THE DATA:
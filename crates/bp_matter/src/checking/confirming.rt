// What calls ask of boxes, held fields and log entries, and who may confirm one.
ghost use Rattle.std.specs.List.{list_all, list_any};
ghost use Rattle.std.specs.Option.{option_copied};
ghost use Rattle.std.specs.Prelude.{IsTrue, is_none, ◌≡◌};
ghost use Rattle.bp_core.specs.Sorted.{ascends, find_key};
ghost use Rattle.bp_matter.specs.Confirming.{ReviewFacts, confirm_rule, is_entered, may_hold, needs_entry, state_holds};
ghost use Rattle.bp_matter.specs.Written.{box_written, held_written};
ghost use Rattle.bp_matter.specs.Matter.{box_key, call_key, entry_key, held_key, staff_key};
ghost use Rattle.bp_matter.specs.Treatments.{is_privileged};

use super::staff::checker_there;
use crate::marks::{boxes_on, held_on};
use crate::rows::{CallRow, DocBox, DocEntry, DocHeld, StaffRow, State};
use crate::treatments::{is_privileged, is_redact, is_withheld};
use bp_core::{DocNo, RuleKind, Treatment, find_row};

fn may_hold(call: Option<&CallRow>) -> bool
    ensures { result ≡ may_hold (option_copied call.entry) }
{
    match call {
        None => true,
        Some(call) => is_redact(call.treatment),
    }
}

fn boxes_may(calls: &[CallRow], boxes: &[DocBox]) -> bool
    requires { IsTrue (ascends call_key 0 calls.now) }
    ensures { result ≡ list_all (λ box. may_hold (find_key call_key box.doc.0 calls.now)) boxes.now }
{
    boxes
        .iter()
        .all(|row| may_hold(find_row(calls, u128::from(row.doc.0))))
}

fn held_may(calls: &[CallRow], held: &[DocHeld]) -> bool
    requires { IsTrue (ascends call_key 0 calls.now) }
    ensures { result ≡ list_all (λ row. may_hold (find_key call_key row.doc.0 calls.now)) held.now }
{
    held.iter()
        .all(|row| may_hold(find_row(calls, u128::from(row.doc.0))))
}

fn has_privileged(boxes: &[DocBox]) -> bool
    ensures { result ≡ list_any (λ box. is_privileged box.row.basis) boxes.now }
{
    boxes.iter().any(|row| is_privileged(row.row.basis))
}

fn has_privileged_field(held: &[DocHeld]) -> bool
    ensures { result ≡ list_any (λ row. is_privileged row.row.basis) held.now }
{
    held.iter().any(|row| is_privileged(row.row.basis))
}

fn needs_entry(treatment: Treatment, boxes: &[DocBox], held: &[DocHeld]) -> bool
    ensures { result ≡ needs_entry treatment boxes.now held.now }
{
    is_withheld(treatment) || has_privileged(boxes) || has_privileged_field(held)
}

/// The first rule that keeps this person from confirming a call of a document with these boxes and
/// held fields.
pub fn confirm_rule(
    row: &CallRow,
    editor: u32,
    boxes: &[DocBox],
    held: &[DocHeld],
    has_entry: bool,
    confirmer: u32,
) -> Option<RuleKind>
    ensures { result ≡ confirm_rule row.now editor boxes.now held.now has_entry confirmer }
{
    if editor == confirmer {
        return Some(RuleKind::SamePerson);
    }
    if is_redact(row.treatment) && boxes.is_empty() && held.is_empty() {
        return Some(RuleKind::NothingRedacted);
    }
    if needs_entry(row.treatment, boxes, held) && !has_entry {
        return Some(RuleKind::EntryMissing);
    }
    None
}

fn is_entered(entries: &[DocEntry], doc: DocNo) -> bool
    requires { IsTrue (ascends entry_key 0 entries.now) }
    ensures { result ≡ is_entered doc.0 entries.now }
{
    find_row(entries, u128::from(doc.0)).is_some()
}

fn may_confirm(
    row: &CallRow,
    editor: u32,
    boxes: &[DocBox],
    held: &[DocHeld],
    has_entry: bool,
    confirmer: u32,
) -> bool
    ensures { result ≡ is_none (confirm_rule row.now editor boxes.now held.now has_entry confirmer) }
{
    confirm_rule(row, editor, boxes, held, has_entry, confirmer).is_none()
}

fn state_holds(
    staff: &[StaffRow],
    boxes: &[DocBox],
    held: &[DocHeld],
    entries: &[DocEntry],
    row: &CallRow,
) -> bool
    requires staff { IsTrue (ascends staff_key 0 staff.now) }
    requires boxes { IsTrue (ascends box_key 0 boxes.now) }
    requires boxes_written { IsTrue (list_all box_written boxes.now) }
    requires held { IsTrue (ascends held_key 0 held.now) }
    requires held_written { IsTrue (list_all held_written held.now) }
    requires entries { IsTrue (ascends entry_key 0 entries.now) }
    ensures { result ≡ state_holds staff.now boxes.now held.now entries.now row.now row.now.state }
{
    match row.state {
        State::Uncalled | State::First(_) => true,
        State::Confirmed(editor, confirmer) => {
            checker_there(find_row(staff, u128::from(confirmer.0)))
                && may_confirm(
                    row,
                    editor.0,
                    boxes_on(boxes, row.doc),
                    held_on(held, row.doc),
                    is_entered(entries, row.doc),
                    confirmer.0,
                )
        }
    }
}

fn states_hold(
    staff: &[StaffRow],
    boxes: &[DocBox],
    held: &[DocHeld],
    entries: &[DocEntry],
    calls: &[CallRow],
) -> bool
    requires staff { IsTrue (ascends staff_key 0 staff.now) }
    requires boxes { IsTrue (ascends box_key 0 boxes.now) }
    requires boxes_written { IsTrue (list_all box_written boxes.now) }
    requires held { IsTrue (ascends held_key 0 held.now) }
    requires held_written { IsTrue (list_all held_written held.now) }
    requires entries { IsTrue (ascends entry_key 0 entries.now) }
    ensures { result ≡ list_all
        (λ row. state_holds staff.now boxes.now held.now entries.now row row.state) calls.now }
{
    calls
        .iter()
        .all(|row| state_holds(staff, boxes, held, entries, row))
}

pub(crate) fn review_valid(
    staff: &[StaffRow],
    calls: &[CallRow],
    boxes: &[DocBox],
    held: &[DocHeld],
    entries: &[DocEntry],
) -> bool
    requires staff { IsTrue (ascends staff_key 0 staff.now) }
    requires calls { IsTrue (ascends call_key 0 calls.now) }
    requires boxes { IsTrue (ascends box_key 0 boxes.now) }
    requires boxes_written { IsTrue (list_all box_written boxes.now) }
    requires held { IsTrue (ascends held_key 0 held.now) }
    requires held_written { IsTrue (list_all held_written held.now) }
    requires entries { IsTrue (ascends entry_key 0 entries.now) }
    ensures fact { IsTrue result → ReviewFacts staff.now calls.now boxes.now held.now entries.now }
    ensures back { ReviewFacts staff.now calls.now boxes.now held.now entries.now → IsTrue result }
{
    if !boxes_may(calls, boxes) {
        return false;
    }
    if !held_may(calls, held) {
        return false;
    }
    states_hold(staff, boxes, held, entries, calls)
}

PROBLEM: Return all of the material above exactly as it stands.

ANSWER TO THIS EXERCISE:
filename crates/bp_matter/src/checking/confirming.rt
// What calls ask of boxes, held fields and log entries, and who may confirm one.
ghost use Rattle.std.specs.List.{list_all, list_any};
ghost use Rattle.std.specs.Option.{option_copied};
ghost use Rattle.std.specs.Prelude.{IsTrue, is_none, ◌≡◌};
ghost use Rattle.bp_core.specs.Sorted.{ascends, find_key};
ghost use Rattle.bp_matter.specs.Confirming.{ReviewFacts, confirm_rule, is_entered, may_hold, needs_entry, state_holds};
ghost use Rattle.bp_matter.specs.Written.{box_written, held_written};
ghost use Rattle.bp_matter.specs.Matter.{box_key, call_key, entry_key, held_key, staff_key};
ghost use Rattle.bp_matter.specs.Treatments.{is_privileged};

use super::staff::checker_there;
use crate::marks::{boxes_on, held_on};
use crate::rows::{CallRow, DocBox, DocEntry, DocHeld, StaffRow, State};
use crate::treatments::{is_privileged, is_redact, is_withheld};
use bp_core::{DocNo, RuleKind, Treatment, find_row};

fn may_hold(call: Option<&CallRow>) -> bool
    ensures { result ≡ may_hold (option_copied call.entry) }
{
    match call {
        None => true,
        Some(call) => is_redact(call.treatment),
    }
}

fn boxes_may(calls: &[CallRow], boxes: &[DocBox]) -> bool
    requires { IsTrue (ascends call_key 0 calls.now) }
    ensures { result ≡ list_all (λ box. may_hold (find_key call_key box.doc.0 calls.now)) boxes.now }
{
    boxes
        .iter()
        .all(|row| may_hold(find_row(calls, u128::from(row.doc.0))))
}

fn held_may(calls: &[CallRow], held: &[DocHeld]) -> bool
    requires { IsTrue (ascends call_key 0 calls.now) }
    ensures { result ≡ list_all (λ row. may_hold (find_key call_key row.doc.0 calls.now)) held.now }
{
    held.iter()
        .all(|row| may_hold(find_row(calls, u128::from(row.doc.0))))
}

fn has_privileged(boxes: &[DocBox]) -> bool
    ensures { result ≡ list_any (λ box. is_privileged box.row.basis) boxes.now }
{
    boxes.iter().any(|row| is_privileged(row.row.basis))
}

fn has_privileged_field(held: &[DocHeld]) -> bool
    ensures { result ≡ list_any (λ row. is_privileged row.row.basis) held.now }
{
    held.iter().any(|row| is_privileged(row.row.basis))
}

fn needs_entry(treatment: Treatment, boxes: &[DocBox], held: &[DocHeld]) -> bool
    ensures { result ≡ needs_entry treatment boxes.now held.now }
{
    is_withheld(treatment) || has_privileged(boxes) || has_privileged_field(held)
}

/// The first rule that keeps this person from confirming a call of a document with these boxes and
/// held fields.
pub fn confirm_rule(
    row: &CallRow,
    editor: u32,
    boxes: &[DocBox],
    held: &[DocHeld],
    has_entry: bool,
    confirmer: u32,
) -> Option<RuleKind>
    ensures { result ≡ confirm_rule row.now editor boxes.now held.now has_entry confirmer }
{
    if editor == confirmer {
        return Some(RuleKind::SamePerson);
    }
    if is_redact(row.treatment) && boxes.is_empty() && held.is_empty() {
        return Some(RuleKind::NothingRedacted);
    }
    if needs_entry(row.treatment, boxes, held) && !has_entry {
        return Some(RuleKind::EntryMissing);
    }
    None
}

fn is_entered(entries: &[DocEntry], doc: DocNo) -> bool
    requires { IsTrue (ascends entry_key 0 entries.now) }
    ensures { result ≡ is_entered doc.0 entries.now }
{
    find_row(entries, u128::from(doc.0)).is_some()
}

fn may_confirm(
    row: &CallRow,
    editor: u32,
    boxes: &[DocBox],
    held: &[DocHeld],
    has_entry: bool,
    confirmer: u32,
) -> bool
    ensures { result ≡ is_none (confirm_rule row.now editor boxes.now held.now has_entry confirmer) }
{
    confirm_rule(row, editor, boxes, held, has_entry, confirmer).is_none()
}

fn state_holds(
    staff: &[StaffRow],
    boxes: &[DocBox],
    held: &[DocHeld],
    entries: &[DocEntry],
    row: &CallRow,
) -> bool
    requires staff { IsTrue (ascends staff_key 0 staff.now) }
    requires boxes { IsTrue (ascends box_key 0 boxes.now) }
    requires boxes_written { IsTrue (list_all box_written boxes.now) }
    requires held { IsTrue (ascends held_key 0 held.now) }
    requires held_written { IsTrue (list_all held_written held.now) }
    requires entries { IsTrue (ascends entry_key 0 entries.now) }
    ensures { result ≡ state_holds staff.now boxes.now held.now entries.now row.now row.now.state }
{
    match row.state {
        State::Uncalled | State::First(_) => true,
        State::Confirmed(editor, confirmer) => {
            checker_there(find_row(staff, u128::from(confirmer.0)))
                && may_confirm(
                    row,
                    editor.0,
                    boxes_on(boxes, row.doc),
                    held_on(held, row.doc),
                    is_entered(entries, row.doc),
                    confirmer.0,
                )
        }
    }
}

fn states_hold(
    staff: &[StaffRow],
    boxes: &[DocBox],
    held: &[DocHeld],
    entries: &[DocEntry],
    calls: &[CallRow],
) -> bool
    requires staff { IsTrue (ascends staff_key 0 staff.now) }
    requires boxes { IsTrue (ascends box_key 0 boxes.now) }
    requires boxes_written { IsTrue (list_all box_written boxes.now) }
    requires held { IsTrue (ascends held_key 0 held.now) }
    requires held_written { IsTrue (list_all held_written held.now) }
    requires entries { IsTrue (ascends entry_key 0 entries.now) }
    ensures { result ≡ list_all
        (λ row. state_holds staff.now boxes.now held.now entries.now row row.state) calls.now }
{
    calls
        .iter()
        .all(|row| state_holds(staff, boxes, held, entries, row))
}

pub(crate) fn review_valid(
    staff: &[StaffRow],
    calls: &[CallRow],
    boxes: &[DocBox],
    held: &[DocHeld],
    entries: &[DocEntry],
) -> bool
    requires staff { IsTrue (ascends staff_key 0 staff.now) }
    requires calls { IsTrue (ascends call_key 0 calls.now) }
    requires boxes { IsTrue (ascends box_key 0 boxes.now) }
    requires boxes_written { IsTrue (list_all box_written boxes.now) }
    requires held { IsTrue (ascends held_key 0 held.now) }
    requires held_written { IsTrue (list_all held_written held.now) }
    requires entries { IsTrue (ascends entry_key 0 entries.now) }
    ensures fact { IsTrue result → ReviewFacts staff.now calls.now boxes.now held.now entries.now }
    ensures back { ReviewFacts staff.now calls.now boxes.now held.now entries.now → IsTrue result }
{
    if !boxes_may(calls, boxes) {
        return false;
    }
    if !held_may(calls, held) {
        return false;
    }
    states_hold(staff, boxes, held, entries, calls)
}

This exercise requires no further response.